Source DB:  PubMed          Journal:  Ment Illn        ISSN: 2036-7457


Introduction

Patients not responding to psychotropic medication are a challenge for psychiatrists and facility staff. The burden on the families of the patients is not only emotional, but also a financial one.[1,2] Some of these patients, with affective symptoms and more schizophreniform symptoms as part of the primary diagnostic entity, may be helped by electroconvulsive treatment (ECT). This was already shown in a paper penetrating the medical records of the first series of patients treated by Meduna in Budapest, albeit with camphor.[3] Rabheru and Persad reviewed the literature on continuation and maintenance electroconvulsive therapy in different patient groups in 1997.[4] The efficacy of maintenance ECT has recently been shown in a study of major depression.[5] They concluded that both continuation and maintenance electroconvulsive therapy were efficacious, safe, well tolerated, and also cost-effective for patients with major psychiatric disorders with depression. The procedure in itself is deemed extremely safe according to Nuttal et al. who studied 2279 patients given 17,394 ECT treatments.[6] No deaths were observed, and only transient cardiac complications (arrhythmias and one cardiac arrest) in 9 patients. The adverse effects of ECT are related to the anaesthesia, which today is very short and practically without any danger of mortality. Headache and nausea occur in some patients, and transient memory impairment is usual during the time of a series of ECTs. The indications for ECT around the world differ, although the main indication is severe depression, uni- or bipolar or as part of other mental illnesses.[7] Also manic episodes and catatonia without schizophrenia do respond favourably to ECT. Thus it would be of interest to report on the treatment of a patient with severe mental illness, purportedly diagnosed as schizophrenia, given ECT for more than seven years.

Case Report

We describe a patient with severe symptoms from the age of 20. His illness started during military service in 1973. The military doctor observed that he suddenly one day was sitting under military training staring, answering only yes or no. He was referred to the psychiatric asylum on chlorpromazine 50 mg twice daily. In the asylum his illness was described as catatonic episodes or a parkinsonistic crisis. Shortly after arrival he had a general seizure and later minor seizures. The first week he was mute with a stupor. After one week he responded to other people and after three weeks he was sent home on 4 mg haloperidol. For 12 years he lived a fairly normal life with work and non-resident contact with a psychiatrist. Some episodes of depression were observed. He was maintained on small doses of different antipsychotics. Before the next resident stay he had taken contact with Hare Krishna groups, giving him a state of incoherent speech and agitation. Again he had general seizures of 2-3 minutes duration. EEG was normal. This time he was treated with the following medication: Haloperidol 40 mg, levomepromazin 300 mg, perfenazin 32 mg and orfenadrin 200 mg per die. In 1995 he probably had neuroleptic malignant syndrome (NMS) and was treated in a somatic department. 2006 he had several grand mal seizures and a new serious episode of NMS. After this episode ECT was started and already at the 6th treatment he was deemed to be normal. He showed no sign of a psychotic disease. Maintenance ECT was not started and after some months he was again referred to the hospital and was in need of 10 ECT treatments before he remitted. 2007 he started with regular ECT at two weeks intervals, later the intervals have changed and before the latest referral he was on ECT once weekly. He recently dropped out of the regular, scheduled ECT for three weeks and he relapsed with involuntary movements and incoherent speech. His agitated stait precluded an orderly ECT procedure. A lorazapam challenging test with only 1 mg orally was given because the department did not have injectables. His motor unrest and incoherent speech improved after a couple of hours. He was put on lorazepam 1 mg thrice daily and ECT could again be given after two days. He was after four/five treatments again able to communicate and respond normally. When asked about his memory he had no complaints after all these years with ECT. He maintained he recalled as well as his compatriots at home.
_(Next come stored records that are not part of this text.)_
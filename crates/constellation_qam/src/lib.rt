// The square constellations: levels, the nearest level of a part, the nearest point and its number.
#![tactic(auto)]

mod grid;

ghost use Rattle.std.specs.Prelude.{◌≡◌, ◌-◌, ◌<◌, cond, pos, count_by};
ghost use Rattle.std.specs.List.{range_with_len};
ghost use Rattle.std.specs.Float.{binary32};
ghost use Rattle.std.specs.Float.Ieee.{le, of_int};
ghost use Rattle.definition.specs.Floats.{◌+f◌, ◌*f◌, complex};
ghost use Rattle.definition.specs.Points.{level_of, qam_point, symbol_of};
ghost use Rattle.constellation_qam.specs.Nearest.{nearest, level_on, code_on, number_on};

use crate::grid::{GRAYS, Grid, QAM16, QAM64};
pub use crate::grid::{QAM16_LEVELS, QAM64_LEVELS};
use types::{C32, Decided, Qam};

// A select: by an `if` in the loop a sample of 64-QAM took 127 ns by the plain path, and not 124.
fn pick<A: Copy>(b: bool, yes: A, no: A) -> A
    ensures { result ≡ cond b yes no }
{
    if b { yes } else { no }
}

// The level nearest to a part: its value and its Gray code.
#[derive(Clone, Copy)]
struct Level {
    value: f32,
    code: u32,
}

impl<const M: usize> Grid<M> {
    // The place of a part v on the grid.
    fn place(&self, v: f32) -> f32
        ensures { result ≡ v *f self.now.scale +f self.now.half }
    {
        v * self.scale + self.half
    }

    // How many of the places 1 .. M - 1 lie at t or below.
    fn reached(&self, t: f32) -> usize
        ensures below { result < M }
        ensures count { result ≡ count_by (λ k. le (of_int binary32 (pos k)) t) (range_with_len 1 (M - 1)) }
    {
        (1..M).filter(|k| t >= *k as f32).count()
    }

    // The index of the level nearest to a part v: how many of the places 1 .. M - 1 its own reaches. That is its floor, held to 0 .. M - 1. A NaN gives 0.
    #[tactic(auto, using(crate::proofs::Levels::counted_is))]
    fn index(&self, v: f32) -> usize
        ensures value { result ≡ nearest M self.now.scale self.now.half v }
        ensures below { result < M }
    {
        self.reached(self.place(v))
    }

    // The level nearest to a part v, by comparisons that select its value and its code. Not `self.levels[self.index(v)]`: a sample of 16-QAM took 96 ns so, and 92
    // by this loop. No `fold`: in this generic block its closure, which takes a level by its place, would need a `requires` and an `ensures` of its own.
    #[tactic(auto, using(crate::proofs::Levels::first_at, crate::proofs::Levels::next_at, crate::proofs::Levels::code_below))]
    fn level(&self, v: f32) -> Level
        ensures value { result.value ≡ level_on M self.now v }
        ensures code { result.code ≡ code_on M self.now v }
        ensures below { result.code < 8 }
    {
        let t = self.place(v);
        let mut value = self.levels[0];
        let mut code = GRAYS[0];
        for k in 1..M {
            let reached = t >= k as f32;
            value = pick(reached, self.levels[k], value);
            code = pick(reached, GRAYS[k], code);
        }
        Level { value, code }
    }

    // The point nearest to y, part by part, and its number: the code of the real part's level in the high bits. No `map`: in this generic block a closure that
    // calls a function would need a contract of its own.
    fn decided(&self, y: C32) -> Decided
        ensures point { result.point ≡ complex
            (level_on M self.now y.re)
            (level_on M self.now y.im) }
        ensures number { result.number ≡ number_on M self.now y }
        ensures below { result.number < 64 }
    {
        let re = self.level(y.re);
        let im = self.level(y.im);
        Decided {
            point: C32 {
                re: re.value,
                im: im.value,
            },
            number: re.code * M as u32 + im.code,
        }
    }
}

// The index of the level nearest to a part v: the floor of v * sqrt(E) / 2 + m / 2, held to 0 .. m - 1.
#[tactic(auto, unfolding(definition::specs::Points::level_of))]
pub fn decide_level(q: Qam, v: f32) -> u32
    ensures { result ≡ level_of q v }
{
    match q {
        Qam::Qam16 => QAM16.index(v) as u32,
        Qam::Qam64 => QAM64.index(v) as u32,
    }
}

// The point of either nearest to y, and its number.
#[tactic(auto, unfolding(definition::specs::Points::levels, definition::specs::Points::level_of, definition::specs::Points::level_at, definition::specs::Points::qam_point, definition::specs::Points::symbol_of))]
pub fn decide_qam(q: Qam, y: C32) -> Decided
    ensures value { result ≡ record { point = qam_point q y; number = symbol_of q y } }
    ensures below { result.number < 64 }
{
    match q {
        Qam::Qam16 => QAM16.decided(y),
        Qam::Qam64 => QAM64.decided(y),
    }
}

// The number of the point of either nearest to y.
pub fn decide_symbol(q: Qam, y: C32) -> u32
    ensures { result ≡ symbol_of q y }
{
    decide_qam(q, y).number
}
Electroconvulsive treatment: procedure

ECT is performed in dedicated rooms in the acute psychiatric department with an anaesthesiologist and anaesthetic nurse present. The treatment is given with a Thymatron IV™ device. Two EEG leads and pulse oxymeter readings are registered together with ECG and the calculated output from the Thymatron device. A nurse surveys the patient after the treatment. Most of his treatments have been as a non-resident patient coming to the hospital only for the sessions. The treatments have been given with right unilateral stimulating electrode placement with 90-100% stimulation level. He has to date received 350 ECT treatments.

Anesthesia

Three hundred mg thiopental and 60 mg succinylcholine has been used over the years. Premedication with glycopyrron 0.2 mg.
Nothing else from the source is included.